Vez ou outra, valho-me do agudo observador da cena brasileira e esforçado amigo Sebastião Nery para abrir a coluna. Como é o caso desta. A historinha se dá nos tempos turvos da promulgação do AI-5, em dezembro de 68, quando foram fechados os Legislativos e os parlamentares eram obrigados a fazer uma declaração de bens de 10 anos anteriores. João Batista Botelho, conhecido na Assembleia Paulista como "João Cuiabano", preparou seu dossiê e, quando ia enviá-lo a quem de direito, foi advertido por um assessor :

- Nobre deputado, Vossa Excelência tem de enviar a eles também o seu currículo.

João, homem de poucas letras, do alto de sua bravura, virou uma fera :

- Isto eu não vou dar de jeito nenhum. Só conseguirão se passarem sobre meu cadáver.

Dito e feito !

Serra, ufa, desiste

José Serra, ufa, desistiu de ser candidato à presidente da República. E assim, deixa Aécio Neves livre para botar a candidatura nas ruas. Serra fez a confissão pública da desistência, via twitter/facebook. Pediu, até, que os tucanos formalizassem a candidatura. Negócio seguinte : quanto mais Serra demorasse, mais incertezas jogaria na arena eleitoral. Exibe, hoje, uma intenção de voto maior que a de Aécio, mas, ao correr de uma campanha, a tendência aponta para um crescimento do candidato mineiro nas pesquisas. O agora liberado Aécio adensa sua movimentação e apresenta esta semana as 12 diretrizes que servirão de base ao programa do PSDB.

"Os poderosos podem destruir uma, duas ou três flores, mas nunca deterão a primavera". Che Guevara

Chances do mineiro

As chances de Aécio dependerão do estado geral da economia em 2014, ou, mais precisamente, nas margens de outubro de 2014. Com a economia descontrolada, as oposições veriam ampliadas suas condições. A recíproca é verdadeira. No caso específico de Aécio, há uma barreira a saltar: encarnar o perfil do novo, do inovador. O neto de Tancredo Neves expressa os fortes valores da política mineira. Se sair com quatro milhões de votos de maioria, em MG, conta com boas condições de entrar no segundo turno. SP, o maior colégio eleitoral, pode vir a se encantar com a lábia mineira. Vai depender do canto mavioso de Geraldo Alckmin. E também da polarização entre tucanos e petistas. Se vingar, seria vantajosa para Aécio.

"O amor é a força mais abstrata, e também mais potente, que há no mundo". Mahatma Gandhi

Alckmin sob tiroteio

Outro fator a ser considerado será o tiroteio sobre o governador Geraldo Alckmin. O affaire dos trens – denúncias de cartel – será muito usado pelo PT, até para tentar anular os efeitos do mensalão. Alckmin tem imagem positiva, é cordial, começa a adensar a visibilidade – com campanhas institucionais do governo – e possui forte penetração no interior do Estado. Se o eleitorado entrar no jogo da polarização com o PT, será ele o maior beneficiado. SP é um bastião feroz contra o petismo. A rejeição ao PT soma entre 30% a 35%. Em eventual segundo turno, Alckmin levaria a melhor.
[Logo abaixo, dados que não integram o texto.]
//! The table of traces that flows carry besides their own.
ghost use Rattle.std.specs.Prelude.{◌≡◌, ◌≤◌, ◌<◌, ◌++◌, ◌∷◌, [], length, map, false, OnOk, IfOk, Ok, option_copied, option_map, slice_get, codes};
ghost use Rattle.std.specs.List.{All, list_any};
ghost use Rattle.toml.specs.Data.{get_member};
ghost use Rattle.toml.specs.View.{table_view};
ghost use Rattle.ioam_topo_values.specs.Reads.{◌▷◌, needed};
ghost use Rattle.ioam_topo_values.specs.Numbers.{number};
ghost use Rattle.ioam_topo_values.specs.Texts.{name};
ghost use Rattle.ioam_topo_values.specs.Types.{trace_type};
ghost use Rattle.ioam_topo.specs.Keyed.{is_pair};
ghost use Rattle.ioam_topo_entries.specs.Faults.{Gives};
ghost use Rattle.ioam_topo_entries.specs.Goods.{known, list_of};
ghost use Rattle.ioam_topo_flows.specs.Apart.{fresh_with};
ghost use Rattle.ioam_topo_flows.specs.Spaces.{known_at};
ghost use Rattle.ioam_topo_flows.specs.FlowRead.{look_of};
ghost use Rattle.ioam_topo_flows.specs.ExtraTable.{seen, look_in, traced_at, times, few_of, unlike, extra_trace, extra_capacity, kind_keys, extra_keys, traced};
ghost use Rattle.ioam_topo_flows.specs.ExtraRead.{IsNewExtra};

use crate::before::AmongFlows;
use crate::flow_parts::known_at;
use indexmap::IndexSet;
use ioam_base::memory::NoMemory;
use ioam_data::{Namespace, TraceType};
use ioam_topo::{Flow, FlowTrace};
use ioam_topo_entries::{Collects, DomainRefused, Spot, Table, known, number16};
use ioam_topo_tables::{Flows, Nodes};
use ioam_topo_values::{Why, maybe_trace_type};
use std::alloc::Global;

// The most extra traces of a flow.
const MOST_EXTRAS: usize = 2;

/// Extra traces, with what no two of them may share.
#[derive(Drop)]
pub struct Extras {
    /// The flow of each, by its place, and the trace.
    pub items: Vec<(u32, FlowTrace)>,
    /// The flow of each.
    pub places: Vec<u32>,
    /// The flow and the namespace of each.
    pub taken: IndexSet<(u32, u16)>,
}

impl Extras {
    /// No extra traces.
    pub fn new(alloc: Global) -> Extras
        ensures items { result.items.items ≡ [] }
        ensures places { result.places.items ≡ [] }
        ensures keys { result.taken.keys ≡ [] }
    {
        Extras {
            items: Vec::new(alloc),
            places: Vec::new(alloc),
            taken: IndexSet::new(alloc),
        }
    }

    // Whether a flow has an extra trace of a namespace.
    fn is_taken(&self, flow: u32, space: u16) -> bool
        ensures { result ≡ list_any (is_pair flow space) self.now.taken.keys }
    {
        self.taken.contains(&(flow, space))
    }

    // Adds an extra trace. After NoMemory nothing is known of them.
    fn add(&mut self, extra: (u32, FlowTrace)) -> Result<(), NoMemory>
        requires { list_any (is_pair extra.0 extra.1.namespace.0) self.old.taken.keys ≡ false }
        ensures items { OnOk result (self.new.items.items ≡ self.old.items.items ++ extra ∷ []) }
        ensures places { OnOk result (self.new.places.items ≡ self.old.places.items ++ extra.0 ∷ []) }
        ensures keys { OnOk result (self.new.taken.keys ≡ self.old.taken.keys ++ (extra.0, extra.1.namespace.0) ∷ []) }
    {
        self.taken.insert_full((extra.0, extra.1.namespace.0))?;
        self.places.push(extra.0)?;
        self.items.push(extra)?;
        Ok(())
    }
}

// How often a flow is among these.
#[tactic(auto, using(crate::proofs::TracedLaws::times_step, crate::proofs::TracedLaws::times_end))]
fn times(flow: u32, places: &[u32]) -> usize
    ensures value { result ≡ times flow places.now }
    ensures most { result ≤ length places.now }
{
    let mut count = 0;
    for place in places {
        if flow == *place {
            count += 1;
        }
    }
    count
}

// The place of the flow that an entry names, one that has a trace.
fn named_flow(flows: &Flows, entry: &toml::Table) -> Result<u32, Why>
    ensures value { result ≡ needed name (get_member (codes "flow") (table_view entry.now)) ▷ known flows.now.names
        ▷ (λ i. traced_at (seen (slice_get (map look_of flows.now.items.items) i)).trace i) }
    ensures within { IfOk result (λ at. at < length flows.now.names) }
{
    let at = known(&flows.names, entry, "flow")?;
    match flows.items.get(at as usize) {
        Some(flow) if flow.trace.is_none() => Err(Why::Range),
        _ => Ok(at),
    }
}

// A flow that was read, where no more than one entry named it before.
fn few_of(extras: &Extras, read: Result<u32, Why>) -> Result<u32, Why>
    ensures { result ≡ read ▷ few_of extras.now.places.items }
{
    match read {
        Ok(flow) if times(flow, &extras.places) >= MOST_EXTRAS => Err(Why::TooMany),
        other => other,
    }
}

// A namespace that was read, where it isn't a flow's own.
fn unlike(flow: &Flow, read: Result<u16, Why>) -> Result<u16, Why>
    ensures { result ≡ read ▷ unlike (Ok flow.now.namespace.0) }
{
    match read {
        Ok(space) if flow.namespace.0 == space => Err(Why::Twice),
        other => other,
    }
}

// The namespace of an entry, where both ends of its flow know it and it isn't the flow's own.
fn other_space(nodes: &Nodes, flow: Option<&Flow>, entry: &toml::Table) -> Result<u16, Why>
    ensures { result ≡ needed (number 0 65535) (get_member (codes "namespace") (table_view entry.now))
        ▷ known_at (map list_of nodes.now.items.items) (seen (option_map look_of (option_copied flow.entry))).entry
        ▷ known_at (map list_of nodes.now.items.items) (seen (option_map look_of (option_copied flow.entry))).exit
        ▷ unlike (seen (option_map look_of (option_copied flow.entry))).space }
{
    let space = number16(entry, "namespace");
    match flow {
        Some(flow) => unlike(
            flow,
            known_at(nodes, flow.exit.0, known_at(nodes, flow.entry.0, space)),
        ),
        None => space,
    }
}

// The namespace of an entry, where its flow has no trace of it yet.
fn new_space(
    extras: &Extras,
    nodes: &Nodes,
    flows: &Flows,
    at: u32,
    entry: &toml::Table,
) -> Result<u16, Why>
    ensures { result ≡ needed (number 0 65535) (get_member (codes "namespace") (table_view entry.now))
        ▷ known_at (map list_of nodes.now.items.items) (look_in (map look_of flows.now.items.items) (Ok at)).entry
        ▷ known_at (map list_of nodes.now.items.items) (look_in (map look_of flows.now.items.items) (Ok at)).exit
        ▷ unlike (look_in (map look_of flows.now.items.items) (Ok at)).space ▷ fresh_with (Ok at) extras.now.taken.keys }
{
    match other_space(nodes, flows.items.get(at as usize), entry) {
        Ok(space) if extras.is_taken(at, space) => Err(Why::Twice),
        other => other,
    }
}

// The type of the trace of an entry.
fn needed_trace(entry: &toml::Table) -> Result<TraceType, Why>
    ensures { result ≡ extra_trace (table_view entry.now) }
{
    match maybe_trace_type(entry, "trace") {
        Ok(Some(kind)) => Ok(kind),
        Ok(None) => Err(Why::Missing),
        Err(why) => Err(why),
    }
}

// The type of the trace of an entry, and how many words it has room for.
fn read_kind(spot: Spot, entry: &toml::Table) -> Result<(TraceType, u8), DomainRefused>
    requires { spot.table ≡ Table.ExtraTable }
    ensures { Gives result (kind_keys spot.place (table_view entry.now))
        (λ read. (extra_trace (table_view entry.now) ≡ Ok read.0) × (extra_capacity (table_view entry.now) ≡ Ok read.1)) }
{
    let kind = spot.key("trace", needed_trace(entry))?;
    let capacity = spot.number8(entry, "capacity", 1, 61)?;
    Ok((kind, capacity))
}

// The extra trace of an entry, with the place of its flow.
fn read_extra(
    extras: &Extras,
    nodes: &Nodes,
    flows: &Flows,
    place: u32,
    entry: &toml::Table,
) -> Result<(u32, FlowTrace), DomainRefused>
    ensures { Gives result (extra_keys flows.now.names (map look_of flows.now.items.items) (map list_of nodes.now.items.items) place
        extras.now.places.items extras.now.taken.keys (table_view entry.now)) (IsNewExtra nodes.now flows.now extras.now (table_view entry.now)) }
{
    let spot = Spot {
        table: Table::ExtraTable,
        place,
    };
    spot.own_keys(entry)?;
    let flow = spot.key("flow", few_of(extras, named_flow(flows, entry)))?;
    let space = new_space(extras, nodes, flows, flow, entry);
    let space = spot.key("namespace", space)?;
    let (kind, capacity) = read_kind(spot, entry)?;
    Ok((
        flow,
        FlowTrace {
            namespace: Namespace(space),
            kind,
            capacity,
        },
    ))
}

impl<'a> Collects<AmongFlows<'a>> for Extras {
    ghost use Rattle.std.specs.Prelude.{map};
    ghost use Rattle.ioam_topo_entries.specs.Goods.{list_of};
    ghost use Rattle.ioam_topo_flows.specs.FlowRead.{look_of};
    ghost use Rattle.ioam_topo_flows.specs.ExtraTable.{extra_faults};
    ghost use Rattle.ioam_topo_flows.specs.ExtraRead.{HoldsExtras};

    ghost faults = { λ before. extra_faults before.flows.now.names (map look_of before.flows.now.items.items) (map list_of before.nodes.now.items.items) };

    ghost Holds = { λ before. HoldsExtras before.nodes.now before.flows.now };

    fn take(
        &mut self,
        _alloc: Global,
        before: &AmongFlows<'a>,
        place: u32,
        entry: &toml::Table,
    ) -> Result<(), DomainRefused> {
        let extra = read_extra(self, before.nodes, before.flows, place, entry)?;
        match self.add(extra) {
            Ok(()) => Ok(()),
            Err(_) => Err(DomainRefused::NoMemory),
        }
    }
}

/// Flows with these extra traces, each behind those that its flow has.
pub fn with_extras(flows: Flows, extras: &[(u32, FlowTrace)]) -> Result<Flows, NoMemory>
    requires { All (λ extra. extra.0 < length flows.items.items) extras.now }
    ensures items { IfOk result (λ out. out.items.items ≡ traced 0 flows.items.items extras.now) }
    ensures names { IfOk result (λ out. out.names ≡ flows.names) }
    ensures keys { IfOk result (λ out. out.taken.keys ≡ flows.taken.keys) }
{
    let mut out = flows;
    for extra in extras {
        match out.add_trace(extra.0 as usize, extra.1) {
            Ok(()) => {}
            Err(NoMemory) => return Err(NoMemory),
        }
    }
    Ok(out)
}
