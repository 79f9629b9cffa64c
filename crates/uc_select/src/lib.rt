//! Which entry of a catalogue a core is offered: the first of the greatest revision among those that fit the core and are
//! above the revision that it runs. `entry_model` says what that is; here the catalogue is searched, in one pass over
//! its entries for each core. Nothing here takes memory.
#![tactic(auto)]

mod choice;
mod fit;

pub use choice::{fill_offers, offer, offers};
pub use entry_model::CoreFacts;
pub use fit::{fits, is_safe};
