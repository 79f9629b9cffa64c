//! Which cores an entry is for. Linux 6.7, `arch/x86/kernel/cpu/microcode`, `intel.c` and `amd.c`.
ghost use Rattle.std.specs.Prelude.{◌<◌, ◌↔◌, IsTrue, length};
ghost use Rattle.entry_model.specs.Selection.{FlagsMeet, HasPair, IsServed, Fits, IsSafe};
ghost use Rattle.uc_catalog.specs.Contents.{entry_at};

use amd_file::sig_family;
use entry_model::CoreFacts;
use uc_bytes::Vendor;
use uc_catalog::Catalog;

/// Whether processor flags are both 0 or share a bit.
fn flags_meet(flags: u32, others: u32) -> bool
    ensures { IsTrue result ↔ FlagsMeet flags others }
{
    flags == 0 && others == 0 || flags & others != 0
}

/// Whether one of an entry's pairs is for this signature and these processor flags.
fn has_pair(catalog: &Catalog, i: u32, sig: u32, flags: u32) -> bool
    requires { i < length catalog.now.entries }
    ensures { IsTrue result ↔ HasPair (entry_at catalog.now i).pairs sig flags }
{
    for k in 0..catalog.pairs(i) {
        let (pair_sig, pair_flags) = catalog.pair(i, k);
        if pair_sig == sig && flags_meet(pair_flags, flags) {
            return true;
        }
    }
    false
}

/// Whether the table of an entry's own container gives its id for the signature, and its family is the signature's and
/// none of the two, 0fh and 13h, that are never offered.
fn is_served(catalog: &Catalog, i: u32, sig: u32) -> bool
    requires { i < length catalog.now.entries }
    ensures { IsTrue result ↔ IsServed (entry_at catalog.now i) sig }
{
    let facts = catalog.entry(i);
    facts.id != 0
        && facts.family == sig_family(sig)
        && facts.family != 0x0f
        && facts.family != 0x13
        && catalog.id_for(i, sig) == facts.id
}

/// Whether an entry fits a core, which it does only where both are of one vendor.
pub fn fits(catalog: &Catalog, i: u32, core: &CoreFacts) -> bool
    requires { i < length catalog.now.entries }
    ensures { IsTrue result ↔ Fits (entry_at catalog.now i) core.now }
{
    match (catalog.entry(i).vendor, core.vendor) {
        (Vendor::Intel, Vendor::Intel) => has_pair(catalog, i, core.sig, core.flags),
        (Vendor::Amd, Vendor::Amd) => is_served(catalog, i, core.sig),
        _ => false,
    }
}

/// Whether a load of an entry without a reboot is safe at a revision, by the minimum that the entry itself states.
pub fn is_safe(catalog: &Catalog, i: u32, rev: u32) -> bool
    requires { i < length catalog.now.entries }
    ensures { IsTrue result ↔ IsSafe (entry_at catalog.now i) rev }
{
    let facts = catalog.entry(i);
    match facts.vendor {
        Vendor::Intel => facts.min != 0 && facts.min <= rev,
        Vendor::Amd => false,
    }
}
"Um espírito mesquinho é como um microscópio : aumenta as pequenas coisas, mas impede de ver as grandes". Philip Chesterfield

Efeito maldhad

O prefeito Haddad não está bem nas planilhas de avaliação. Os índices exagerados de aumento do IPTU geraram protestos. Ainda bem que recursos da FIESP e do PSDB barraram o aumento. Mesmo assim, sobram críticas. Grupos de sem terra e sem teto acampam na frente da prefeitura, no viaduto do Chá. A cidade está um caos. Os corredores exclusivos de ônibus apertam os espaços dos carros. Os congestionamentos se multiplicam. Esse efeito – chamado jocosamente de maldhad – terá consequências eleitorais. A conferir.

"Deixe-me dizer, com o risco de parecer ridículo, que o verdadeiro revolucionário é feito de grandes sentimentos de amor". Che Guevara

Padilhando

O ministro Alexandre Padilha, da Saúde, é a grande esperança de Lula para tomar o principal bastião de resistência ao petismo, o Estado de SP. O maior cabo eleitoral do país espera repetir com Padilha o que fez com Haddad. Tirou um nome asséptico do bolso do colete e conseguiu elegê-lo prefeito. Mas a campanha municipal não foi afetada pelo episódio do mensalão. Nos últimos tempos, o episódio ganhou ampla visibilidade. Lula sabe que não será fácil alavancar seu candidato. O PT pode, até, resgatar seus históricos 25% a 30% dos votos. Mas e a rejeição ao petismo ?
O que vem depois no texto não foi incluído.